Genes whose mutation causes cancers mapped


Written by Abantika Ghosh
| New Delhi |

Published: February 7, 2020 1:00:19 am


childhood cancer (Source: Getty Images)

Cancer is often said to be many diseases, rather than one disease, because of the vastly different way that different kinds of cancers are known to behave. But in a series of papers published in the journal ‘Nature’, scientists from several international consortium have mapped the handful of genes whose mutation causes several different kinds of cancer. This raises hopes of treatment tailored for specific cancers.

“On average, cancer genomes contained 4-5 driver mutations when combining coding and non-coding genomic elements; however, in around 5% of cases no drivers were identified, suggesting that cancer driver discovery is not yet complete,” researchers wrote.

About half of these mutations occurred in the same set of nine genes. They analysed 2,658 whole-cancer genomes and their matching normal tissues across 38 tumour types from the Pan-Cancer Analysis of Whole Genomes (PCAWG) Consortium of the International Cancer Genome Consortium (ICGC) and The Cancer Genome Atlas (TCGA). Driver genes are genes whose mutations are linked to development of a disease, in this case cancer.

Dr Ashok Vaid, chairman, Medical and Haemato Oncology at Medanta, the Medicity, said: “It is an exciting development. Identifying the driver gene means a lot because that decides whether I can do targeted treatment or go with traditional options like chemotherapy. But the time taken for developing a drug from identifying a gene varies. In case of ALK-1, identified as the driver gene for 5-7 per cent lung cancers, the time from its identification in 2006-7 to a drug was just five years.”

However the path is not always as short. Currently, when a tumour is sent for genetic analysis, there is capacity to analyse about 1,000 genes in a standard laboratory. Of these, less than 200 are implicated in various cancers, of which there are medicines for less than 40, Dr Vaid said.
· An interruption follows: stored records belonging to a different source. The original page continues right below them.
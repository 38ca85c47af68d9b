//! Clocks.
use gb_base::Stamp;

/// A clock that stamps receipts.
pub trait Clock {
    ghost use Rattle.std.specs.Prelude.{List, Option};
    ghost use Rattle.gb_base.specs.DayMinute.{DayMinute};
    ghost use Rattle.gb_outside.specs.Ticks.{Ticks};

    /// Where the clock tells them, the stamps that it will still give, the last one again and again.
    ghost ticks: { Self → Option (List DayMinute) };

    /// The stamp of now.
    fn now(&mut self) -> Stamp
        ensures { Ticks (ticks self.old) (ticks self.new) result };
}
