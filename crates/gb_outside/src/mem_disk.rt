//! A disk in memory with a record of all calls, by which tests stop it and let it fail.
//! Why so: docs/DECISIONS.md, "A disk in memory has its limits in fields".
ghost use Rattle.std.specs.Prelude.{◌≡◌, ◌+◌, ◌≤◌, [], length, nat_le, vec_len, vec_capacity, IfOk, is_err, true, false};
ghost use Rattle.gb_outside.specs.Faults.{Counts};
ghost use Rattle.gb_outside.specs.Images.{Only};
ghost use Rattle.gb_outside.specs.Recorded.{idle, wrote, synced, overwritten};
ghost use Rattle.gb_outside.specs.Stops.{disk_then, disk_left};
ghost use Rattle.gb_outside.specs.MemDisks.{file_of, bytes_written, is_full, is_due, call_fails, has_room_at, faulted, disk_after, after_look};

use crate::calls::is_named;
use crate::stops::Replay;
use crate::{Disk, DiskFailed, Fill};
use gb_base::NoMemory;
use std::alloc::Global;
use std::marker::Model;

/// A call on the disk, as far as its file goes.
#[derive(Clone, Copy)]
pub(crate) enum Call {
    /// A length, a read, or a call that failed and did nothing.
    Idle,
    /// A write of `size` bytes at `at`, of which the first `kept` came into the file.
    Write { at: usize, size: usize, kept: usize },
    /// A sync that succeeded.
    Sync,
}

/// A file in memory, with a record of all calls. The calls that it was told to fail do so, a write
/// among them once it has written the first half of its bytes.
#[derive(Drop)]
pub struct MemDisk {
    // The file as it reads, how long it may become, and the file as it was handed in.
    bytes: Vec<u8>,
    longest: usize,
    first: Vec<u8>,
    // All calls so far and the bytes written, with their limits.
    calls: Vec<Call>,
    most_calls: usize,
    written: Vec<u8>,
    most_written: usize,
    // The numbers, from 1, of the calls that are to fail.
    fail: Vec<u32>,
    faults: u64,
}

impl Model for MemDisk {
    ghost use Rattle.std.specs.Prelude.{◌≤◌, vec_capacity};
    ghost use Rattle.gb_outside.specs.MemDisks.{DiskInMemory};
    ghost use Rattle.gb_outside.specs.inner.Calls.{events, IsReplayed};

    ghost Value = { DiskInMemory };

    ghost view = { λ a. record {
      first = a.first.items;
      done = events a.calls.items a.written.items;
      longest = a.longest;
      most_calls = a.most_calls;
      most_written = a.most_written;
      failing = a.fail.items;
      faults = a.faults;
    } };

    ghost invariant = { λ a. (a.longest ≤ vec_capacity a.bytes)
        × (a.most_calls ≤ vec_capacity a.calls)
        × (a.most_written ≤ vec_capacity a.written)
        × IsReplayed a.first.items a.bytes.items a.written.items a.calls.items };
}

impl MemDisk {
    /// A file of up to `longest` bytes that at first is `bytes` and counts as synced, with room
    /// for `calls` calls that write `written` bytes; the calls numbered in `fail`, from 1, fail.
    pub fn new(
        alloc: Global,
        bytes: &[u8],
        longest: usize,
        written: usize,
        calls: usize,
        fail: &[u32],
    ) -> Result<MemDisk, NoMemory>
        ensures made { IfOk result (λ disk. disk ≡ record {
          first = bytes.now;
          done = [];
          longest = longest;
          most_calls = calls;
          most_written = written;
          failing = fail.now;
          faults = 0;
        }) }
        ensures file { IfOk result (λ disk. ⟦<MemDisk as Disk>⟧.reads disk ≡ bytes.now) }
        ensures synced { IfOk result (λ disk. Only bytes.now (⟦<MemDisk as Disk>⟧.images disk)) }
        ensures faults { IfOk result (λ disk. ⟦<MemDisk as Disk>⟧.faults disk ≡ 0) }
    {
        let mut file = Vec::with_capacity(alloc, longest.max(bytes.len()))?;
        file.extend_from_slice(bytes)?;
        Ok(MemDisk {
            bytes: file,
            longest,
            first: bytes.to_vec(alloc)?,
            calls: Vec::with_capacity(alloc, calls)?,
            most_calls: calls,
            written: Vec::with_capacity(alloc, written)?,
            most_written: written,
            fail: fail.to_vec(alloc)?,
            faults: 0,
        })
    }

    /// The file as it reads.
    pub fn bytes(&self) -> &[u8]
        ensures { result.now ≡ ⟦<MemDisk as Disk>⟧.reads self.now }
    {
        &self.bytes
    }

    /// The disk that a stop after the first `calls` recorded calls leaves, or after all of them
    /// where there are fewer. Its file is as long as this one was then, and what no successful sync
    /// covers of it is filled so. No call of it is to fail, and it has an empty record and the room
    /// of this one.
    pub fn stopped(&self, alloc: Global, calls: u32, fill: Fill) -> Result<MemDisk, NoMemory>
        ensures left { IfOk result (λ disk. disk ≡ disk_left calls fill self.now) }
        ensures size { IfOk result (λ disk. length (⟦<MemDisk as Disk>⟧.reads disk) ≡ length (⟦<MemDisk as Disk>⟧.reads (disk_then calls self.now))) }
        ensures image { IfOk result (λ disk. ⟦<MemDisk as Disk>⟧.images (disk_then calls self.now) (⟦<MemDisk as Disk>⟧.reads disk)) }
    {
        let count = self.calls.len().min(calls as usize);
        let mut replay = Replay::new(alloc, &self.first, &self.written)?;
        replay.make_all(alloc, &self.calls[..count], fill)?;
        MemDisk::new(
            alloc,
            replay.left(),
            self.longest,
            self.most_written,
            self.most_calls,
            &[],
        )
    }
}

impl MemDisk {
    // Whether the record has no room for a call.
    fn is_full(&self) -> bool
        ensures { result ≡ is_full self.now }
    {
        self.calls.len() >= self.most_calls
    }

    // Whether the next call is to fail.
    fn is_due(&self) -> bool
        ensures { result ≡ is_due self.now }
    {
        is_named(&self.fail, self.calls.len() as u64 + 1)
    }

    // Whether there is room for a write of so many bytes at this offset.
    fn has_room(&self, at: usize, size: usize) -> bool
        ensures { result ≡ has_room_at self.now at size }
    {
        fits(at, size, self.longest) && fits(self.written.len(), size, self.most_written)
    }

    // Records a call that changes nothing, where there is room.
    fn idle(&mut self)
        ensures { self.new ≡ disk_after false idle self.old }
    {
        if !self.is_full() {
            self.calls.push_reserved(Call::Idle);
        }
    }

    // Records a sync that succeeded.
    fn synced(&mut self)
        requires { is_full self.old ≡ false }
        ensures { self.new ≡ disk_after false synced self.old }
    {
        self.calls.push_reserved(Call::Sync);
    }

    // Counts a fault.
    fn fault(&mut self) -> DiskFailed
        ensures left { self.new ≡ faulted self.old }
        ensures cause { Counts self.old.faults self.new.faults true }
    {
        self.faults = self.faults.saturating_add(1);
        DiskFailed
    }

    // A call that fails and does nothing.
    fn failed(&mut self) -> DiskFailed
        ensures left { self.new ≡ disk_after true idle self.old }
        ensures cause { Counts self.old.faults self.new.faults true }
    {
        self.idle();
        self.fault()
    }

    // Records a write of `size` bytes at `at`, of which this piece comes into the file.
    fn store(&mut self, at: usize, size: usize, piece: &[u8])
        requires offset { at ≤ length (file_of self.old) }
        requires file { at + length piece.now ≤ self.old.longest }
        requires written { bytes_written self.old.done + length piece.now ≤ self.old.most_written }
        requires calls { is_full self.old ≡ false }
        requires whole { length piece.now ≤ size }
        ensures { self.new ≡ disk_after false (wrote at size piece.now) self.old }
    {
        overwrite(&mut self.bytes, at, piece);
        self.written.extend_from_slice(piece).unwrap();
        let kept = piece.len();
        self.calls.push_reserved(Call::Write { at, size, kept });
    }

    // A call that changes nothing.
    fn look(&mut self) -> Result<(), DiskFailed>
        ensures fails { is_err result ≡ call_fails self.old }
        ensures left { self.new ≡ after_look self.old }
        ensures cause { Counts self.old.faults self.new.faults (is_err result) }
    {
        if self.is_full() || self.is_due() {
            return Err(self.failed());
        }
        self.idle();
        Ok(())
    }
}

// Whether so many more keep within a limit.
fn fits(count: usize, more: usize, limit: usize) -> bool
    ensures { result ≡ nat_le (count + more) limit }
{
    count <= limit && more <= limit - count
}

/// Puts a piece over what is there from `at` on, and past the end, where there is room.
pub(crate) fn overwrite(bytes: &mut Vec<u8>, at: usize, piece: &[u8])
    requires offset { at ≤ vec_len bytes.old }
    requires room { at + length piece.now ≤ vec_capacity bytes.old }
    ensures file { bytes.new.items ≡ overwritten at piece.now bytes.old.items }
    ensures room { vec_capacity bytes.old ≤ vec_capacity bytes.new }
{
    let inside = piece.len().min(bytes.len() - at);
    let (over, past) = piece.split_at(inside);
    bytes[at..at + inside].copy_from_slice(over);
    bytes.extend_from_slice(past).unwrap();
}

impl Disk for MemDisk {
    ghost use Rattle.std.specs.Prelude.{◌≡◌, ◌+◌, ◌≤◌, length, true, is_err};
    ghost use Rattle.gb_outside.specs.Faults.{Counts};
    ghost use Rattle.gb_outside.specs.Images.{Torn, Follows, NoneNew, Elapses, LenIs, ReadsAt, WritesAt, Syncs};
    ghost use Rattle.gb_outside.specs.MemDisks.{file_of, images_of, moment_of, since_of, call_fails, write_fails, after_look, after_sync, after_write};
    ghost use Rattle.gb_outside.specs.inner.RecordedLaws.{image_no_longer, since_counts_now, since_only_now};
    ghost use Rattle.std.proofs.Common.{inl, refl};

    ghost tells = { true };

    ghost reads = { file_of };

    ghost images = { images_of };

    ghost moment = { moment_of };

    ghost since = { since_of };

    ghost faults = { λ d. d.faults };

    ghost reads_is_image = { λ d yes. inl refl };

    ghost no_longer = { λ d c yes image. image_no_longer d.first d.done c image };

    ghost counts_now = { λ d t c yes le image. since_counts_now d.first d.done t c image };

    ghost only_now = { λ d c yes left. since_only_now d.first d.done c left };

    fn len(&mut self) -> Result<u64, DiskFailed>
        ensures len { LenIs (file_of self.old) result }
        ensures fails { is_err result ≡ call_fails self.old }
        ensures left { self.new ≡ after_look self.old }
        ensures same { file_of self.new ≡ file_of self.old }
        ensures stop { NoneNew (images_of self.old) (images_of self.new) }
        ensures time { Elapses (moment_of self.old) (moment_of self.new) (since_of self.old) (since_of self.new) (images_of self.new) }
        ensures cause { Counts self.old.faults self.new.faults (is_err result) }
    {
        self.look()?;
        Ok(self.bytes.len() as u64)
    }

    fn read_at(&mut self, at: u64, into: &mut [u8]) -> Result<(), DiskFailed>
        requires { at + length into.old ≤ length (file_of self.old) }
        ensures bytes { ReadsAt (file_of self.old) at result into.new }
        ensures fails { is_err result ≡ call_fails self.old }
        ensures left { self.new ≡ after_look self.old }
        ensures same { file_of self.new ≡ file_of self.old }
        ensures stop { NoneNew (images_of self.old) (images_of self.new) }
        ensures time { Elapses (moment_of self.old) (moment_of self.new) (since_of self.old) (since_of self.new) (images_of self.new) }
        ensures cause { Counts self.old.faults self.new.faults (is_err result) }
    {
        self.look()?;
        let at = at as usize;
        into.copy_from_slice(&self.bytes[at..at + into.len()]);
        Ok(())
    }

    fn write_at(&mut self, at: u64, bytes: &[u8]) -> Result<(), DiskFailed>
        requires { at ≤ length (file_of self.old) }
        ensures written { WritesAt (file_of self.old) (file_of self.new) at result bytes.now }
        ensures fails { is_err result ≡ write_fails self.old at (length bytes.now) }
        ensures left { self.new ≡ after_write at bytes.now self.old }
        ensures stop { Follows (Torn at (length bytes.now)) (images_of self.old) (images_of self.new) }
        ensures time { Elapses (moment_of self.old) (moment_of self.new) (since_of self.old) (since_of self.new) (images_of self.new) }
        ensures cause { Counts self.old.faults self.new.faults (is_err result) }
    {
        let at = at as usize;
        let size = bytes.len();
        if self.is_full() || !self.has_room(at, size) {
            return Err(self.failed());
        }
        if self.is_due() {
            self.store(at, size, &bytes[..size / 2]);
            return Err(self.fault());
        }
        self.store(at, size, bytes);
        Ok(())
    }

    fn sync(&mut self) -> Result<(), DiskFailed>
        ensures durable { Syncs (file_of self.new) result (images_of self.new) }
        ensures fails { is_err result ≡ call_fails self.old }
        ensures left { self.new ≡ after_sync self.old }
        ensures same { file_of self.new ≡ file_of self.old }
        ensures stop { NoneNew (images_of self.old) (images_of self.new) }
        ensures time { Elapses (moment_of self.old) (moment_of self.new) (since_of self.old) (since_of self.new) (images_of self.new) }
        ensures cause { Counts self.old.faults self.new.faults (is_err result) }
    {
        if self.is_full() || self.is_due() {
            return Err(self.failed());
        }
        self.synced();
        Ok(())
    }
}
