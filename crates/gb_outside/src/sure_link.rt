//! A link that never fails.
ghost use Rattle.std.specs.Prelude.{◌≡◌, Some, None};
ghost use Rattle.gb_outside.specs.declared.sure_link.SureLink.{SureLink};

use crate::moves::move_front;
use crate::{Got, Link, Wrote};

/// A connection that gives the bytes of a slice and takes all that is written, with no fault.
/// It keeps nothing of what is written.
#[derive(Debug, Drop)]
pub struct SureLink<'a> {
    bytes: &'a [u8],
}

impl<'a> SureLink<'a> {
    /// A link that gives these bytes.
    pub fn new(bytes: &'a [u8]) -> SureLink<'a>
        ensures left { ⟦<SureLink<'a> as Link>⟧.left result ≡ Some bytes.now }
        ensures untold { (link : SureLink) → ⟦<SureLink<'a> as Link>⟧.written link ≡ None }
        ensures sure { (link : SureLink) → ⟦<SureLink<'a> as Link>⟧.faults link ≡ 0 }
    {
        SureLink { bytes }
    }
}

impl Link for SureLink<'_> {
    ghost use Rattle.std.specs.Prelude.{◌≡◌, Some, None, length};
    ghost use Rattle.gb_outside.specs.Bytes.{IsTaken, Writes, write_failed};
    ghost use Rattle.gb_outside.specs.Faults.{Counts};
    ghost use Rattle.gb_outside.specs.declared.streams.Wrote.TheVariants.{Took};

    ghost left = { λ s. Some s.bytes.now };

    ghost written = { λ _. None };

    ghost faults = { λ _. 0 };

    fn read(&mut self, into: &mut [u8]) -> Got {
        if self.bytes.is_empty() {
            return Got::End;
        }
        let (n, rest) = move_front(self.bytes, into);
        self.bytes = rest;
        Got::Bytes(n)
    }

    fn write(&mut self, piece: &[u8]) -> Wrote
        ensures count { IsTaken result (length piece.now) }
        ensures content { Writes None None result piece.now }
        ensures left { Some self.new.bytes.now ≡ Some self.old.bytes.now }
        ensures cause { Counts 0 0 (write_failed result) }
        ensures all { result ≡ Took (length piece.now) }
    {
        Wrote::Took(piece.len())
    }
}
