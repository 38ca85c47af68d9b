//! A disk that never fails.
ghost use Rattle.std.specs.Prelude.{◌≡◌, false};
ghost use Rattle.gb_outside.specs.declared.sure_disk.SureDisk.{SureDisk};

use crate::{Disk, DiskFailed};

/// A disk with no fault that keeps nothing: its length is 0, and it reads zeros.
#[derive(Clone, Copy, Debug, Default)]
pub struct SureDisk;

impl SureDisk {
    /// A disk that keeps nothing.
    pub fn new() -> SureDisk
        ensures untold { ⟦<SureDisk as Disk>⟧.tells ≡ false }
        ensures sure { (disk : SureDisk) → ⟦<SureDisk as Disk>⟧.faults disk ≡ 0 }
    {
        SureDisk
    }
}

impl Disk for SureDisk {
    ghost use Rattle.std.specs.Prelude.{◌≡◌, false, [], Ok, length, replicate};

    ghost tells = { false };

    ghost reads = { λ _. [] };

    ghost images = { λ _ _. ⊥ };

    ghost moment = { λ _. 0 };

    ghost since = { λ _ _ _. ⊥ };

    ghost faults = { λ _. 0 };

    fn len(&mut self) -> Result<u64, DiskFailed>
        ensures { result ≡ Ok 0 }
    {
        Ok(0)
    }

    fn read_at(&mut self, _at: u64, into: &mut [u8]) -> Result<(), DiskFailed>
        ensures done { result ≡ Ok tt }
        ensures zeros { into.new ≡ replicate (length into.old) 0 }
    {
        into.fill(0);
        Ok(())
    }

    fn write_at(&mut self, _at: u64, _bytes: &[u8]) -> Result<(), DiskFailed>
        ensures { result ≡ Ok tt }
    {
        Ok(())
    }

    fn sync(&mut self) -> Result<(), DiskFailed>
        ensures { result ≡ Ok tt }
    {
        Ok(())
    }

    ghost reads_is_image = { λ disk no. Prim.cc };

    ghost no_longer = { λ disk c no image. absurd image };

    ghost counts_now = { λ disk t c no later now. now };

    ghost only_now = { λ disk c no left. left };
}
“For more than 30 cancers we now know what specific genetic changes are likely to happen and when these are likely to take place. Unlocking these patterns means it should now be possible to develop new diagnostic tests that pick up signs of cancer earlier, “ Peter Van Loo, of Francis Crick Institute in London, one of the project leaders of the ‘Nature’ papers, said in a media statement.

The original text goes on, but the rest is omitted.